Lazy Reads - a structured approach
I was reading a post by Steve Eichert on Lazy reads where he discusses a problem where his lazy read approach was generating a lot of database traffic. I've run into this situation before so I thought I'd blog some thoughts here.
First, some background...
A good example of a lazy read on an object is where you do not load all properties upon instantiation. You delay the load until the property is first accessed. Each property checks the validity of the property object (typically for nullness) and loads the value before returning it.
I coded a significant com layer on top of a device network library that used lazy reads a few years back. The networks contained autonomous devices ranging from temperature sensors to large building chiller units. The underlying library was written in C++ and I provided the COM library written in C++ as well. The consuming target was Visual Basic, but the principles of the solution apply to any language or platform. Each device exposed properties, where multiple properties were grabbed in a single packet transmission. There would typically be multiple property sets per object due to physical data size contraints imposed by the network protocol. This provided an interesting mapping to the overlying object model. Related to the lazy read issue, I needed to be concerned with (1) minimizing network traffic, (2) concurrency issues caused by caching and (3) multi-threaded access.
Minimizing Network Traffic
When dealing with an abstraction sitting on a network - packets are generally handed back containing multiple pieces of information. Given I had abstracted a 'NetworkNode' object, there may be a number of packets that provide information about that node, and multiple properties that map to each of those packets. Within the class definition I created private subclasses that contained all the information gathered from the packets. That internal class held the statefull data and eliminated the need for multiple hits on the network wire. Following the code I've included below, requesting the DSN property on NetworkNode loads the cached data class and returns the node's DSN value. Subsequent calls to other properties such as NodeName do not require any network traffic.
class NetworkNode
{
private class BaseNodeInfo
{
public BaseNodeInfo(...) { /*perform network read from provided parameters and hold state data*/ }
public DSN dsn
{
get
{ /*retrieve dsn from cached data structure*/}
}
public string NodeName
{
get
{ /*retrieve nodename from cached data structure*/}
}
}
private class ExtendedNodeInfo(...)
{ /* identical in functional nature to BaseNodeInfo */ }
private BaseNodeInfo _bni = null;
private ExtendedNodeInfo _eni = null;
private BaseNodeInfo GetBaseNodeInfo()
{
if( _bni == null )
_bni = new BaseNodeInfo(...); // this line generates network traffic.
return _bni;
}
public DSN dsn
{
get
{
BaseNodeInfo bni = GetBaseNodeInfo();
return bni.dsn;
}
}
public string NodeName
{
BaseNodeInfo bni = GetBaseNodeInfo();
return bni.NodeName;
}
}
Cache Concurrency
The network library would generate callbacks to the application when a node's properties were changed.

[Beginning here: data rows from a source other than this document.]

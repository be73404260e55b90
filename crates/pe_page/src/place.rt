//! `SectionNames`: the long names of sections, and the places of RVAs in sections.

ghost use Rattle.std.specs.Prelude.{◌≡◌, ◌-◌, ◌≤◌, map, None, Some};
ghost use Rattle.coff_read.specs.ImageNames.{image_strings};
ghost use Rattle.pe_layout.specs.Layout.{headers_of};
ghost use Rattle.pe_layout.specs.Locating.{located};
ghost use Rattle.pe_reach.specs.Views.{seen_of};
ghost use Rattle.pe_text.specs.TextWriter.{IsReady, Adds};
ghost use Rattle.pe_page.specs.Places.{IsPlace, IsPlaceOf, name_at, names_of, start_at, offset_columns, place_columns};
ghost use Rattle.pe_page.specs.Rows.{place_text};

use crate::name::{section_beginning, section_width, write_section_name};
use arrayvec::ArrayVec;
use coff_read::section_name;
use pe_head::Headers;
use pe_layout::{Layout, Located};
use pe_reach::ViewFile;
use pe_text::{Sink, TextWriter, hex_width};

/// The names of an image's sections, by index: of each as much as decides how it is shown.
#[derive(Drop)]
pub struct SectionNames<'a> {
    names: ArrayVec<&'a [u8], 96>,
}

/// The place of an RVA.
#[derive(Clone, Copy)]
pub struct SectionPlace<'a> {
    /// The section's name, or a word for a place outside sections.
    pub name: &'a [u8],
    /// The offset in the section or in the headers; none in a gap or outside the image.
    pub offset: Option<u32>,
    /// The file offset, if it has one.
    pub file: Option<u64>,
}

/// The RVA of a section's first byte.
fn section_start(layout: &Layout, index: usize) -> u32
    ensures { result ≡ start_at (headers_of layout.now) index }
{
    match layout.section(index) {
        Some(section) => section.virtual_address,
        None => 0,
    }
}

/// A place with a name only.
fn named_place(name: &[u8]) -> SectionPlace
    ensures { IsPlace result name.now None None }
{
    SectionPlace {
        name,
        offset: None,
        file: None,
    }
}

impl<'a> SectionNames<'a> {
    /// The names of the sections of an image's file. Each long name is searched for its end once.
    pub fn new(file: ViewFile<'a>, headers: &'a Headers) -> SectionNames<'a>
        ensures { map (λ name. name.now) result.names.items ≡ names_of (image_strings (seen_of file.entry) headers.now) headers.now.sections.items }
    {
        let strings = file.strings(headers);
        let mut names = ArrayVec::new();
        for section in headers.sections.as_slice() {
            names.push(section_beginning(section_name(strings, &section.name)));
        }
        SectionNames { names }
    }

    /// The name of section `index`.
    pub fn get(&self, index: usize) -> &'a [u8]
        ensures { result.now ≡ name_at self.now.names.items index }
    {
        match self.names.as_slice().get(index) {
            Some(name) => name,
            None => b"",
        }
    }

    /// The place of an RVA of the image.
    pub fn place(&self, layout: &Layout, rva: u32) -> SectionPlace<'a>
        ensures { IsPlaceOf self.now.names.items (headers_of layout.now) rva (located (headers_of layout.now) rva) result }
    {
        match layout.locate(rva) {
            Located::Raw { section, file } => self.in_section(layout, section, rva, Some(file)),
            Located::Zero { section } => self.in_section(layout, section, rva, None),
            Located::Header { file } => SectionPlace {
                name: b"headers",
                offset: Some(rva),
                file: Some(file),
            },
            Located::Gap => named_place(b"no section"),
            Located::Outside => named_place(b"outside the image"),
        }
    }

    /// A place in a section.
    fn in_section(
        &self,
        layout: &Layout,
        index: u8,
        rva: u32,
        file: Option<u64>,
    ) -> SectionPlace<'a>
        ensures { IsPlace result (name_at self.now.names.items index) (Some (rva - start_at (headers_of layout.now) index)) file }
    {
        let index = usize::from(index);
        SectionPlace {
            name: self.get(index),
            offset: Some(rva.saturating_sub(section_start(layout, index))),
            file,
        }
    }
}

/// How many columns an offset in a section takes, including `+0x`.
fn offset_width(offset: Option<u32>) -> usize
    ensures value { result ≡ offset_columns offset }
    ensures bound { result ≤ 19 }
{
    match offset {
        Some(offset) => 3 + usize::from(hex_width(u64::from(offset))),
        None => 0,
    }
}

impl<'a> SectionPlace<'a> {
    /// Adds its name, and `+0x` and the offset if it has one, like `.text+0x350`.
    pub fn write<W: Sink>(&self, text: &mut TextWriter<W>)
        requires { IsReady W.failures text.old }
        ensures { Adds W.taken W.failures text.old text.new (place_text self.now) }
    {
        write_section_name(text, self.name);
        if let Some(offset) = self.offset {
            text.text(b"+0x");
            text.hex_at_least(1, offset as u64);
        }
    }

    /// How many columns it takes.
    pub fn width(&self) -> usize
        ensures { result ≡ place_columns self.now }
    {
        section_width(self.name) + offset_width(self.offset)
    }
}
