//! The key of an export or import on a page.

ghost use Rattle.pe_text.specs.TextWriter.{IsReady, Adds};
ghost use Rattle.pe_page.specs.Rows.{key_text};

use crate::name::write_name;
use pe_tables::Key;
use pe_text::{Sink, TextWriter};

/// Adds a name, or `#` and an ordinal.
pub fn write_key<W: Sink>(text: &mut TextWriter<W>, key: Key)
    requires { IsReady W.failures text.old }
    ensures { Adds W.taken W.failures text.old text.new (key_text key.entry) }
{
    match key {
        Key::Ordinal(ordinal) => {
            text.text(b"#");
            text.decimal(ordinal as u64);
        }
        Key::Name(name) => write_name(text, name),
    }
}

To accommodate this situation, I simply created a method on the NetworkNode class to nullify the cached data. The callback would transmit the signal through the object hierarchy to the node - where we called 'Invalidate()'. The code for Invalidate is shown below:
public class NetworkNode
{
public Invalidate()
{
_bni = null;
_eni = null;
}
}
Multithreading Issues
Properly handling the multi-threading issues became a bit more tricky (i.e. what happens when an Invalidate() call is fired on a different thread between calls to NodeName and DSN?). Fortunately, my client didn't mind dirty reads in this instance because we were also floating up events on the objects and I handled both notification and invalidating through thread-marshalling on a dedicated thread. I did this on a dedicated thread to avoid locking one of the network library's threads. The dirty read implementation became extremely simple by coding critical sections around all GetBaseNodeInfo() - style methods and the Invalidate() methods.
In Summary...
So there is the basis for the solution that meets the objectives - minimize network traffic, handle cache concurrency issues and deal with multi-threaded accesses. This is greatly simplified as there were parent classes that held some of the detailed caching mechanism to eliminate code redundancy and async messaging, but I think this gives an adequate feel for the solution. In the years since, I've used the same approach on other applications including database-centric applications and others. There are a couple of 'design patterns' that played into this solution, I'll have to post those when I remember them.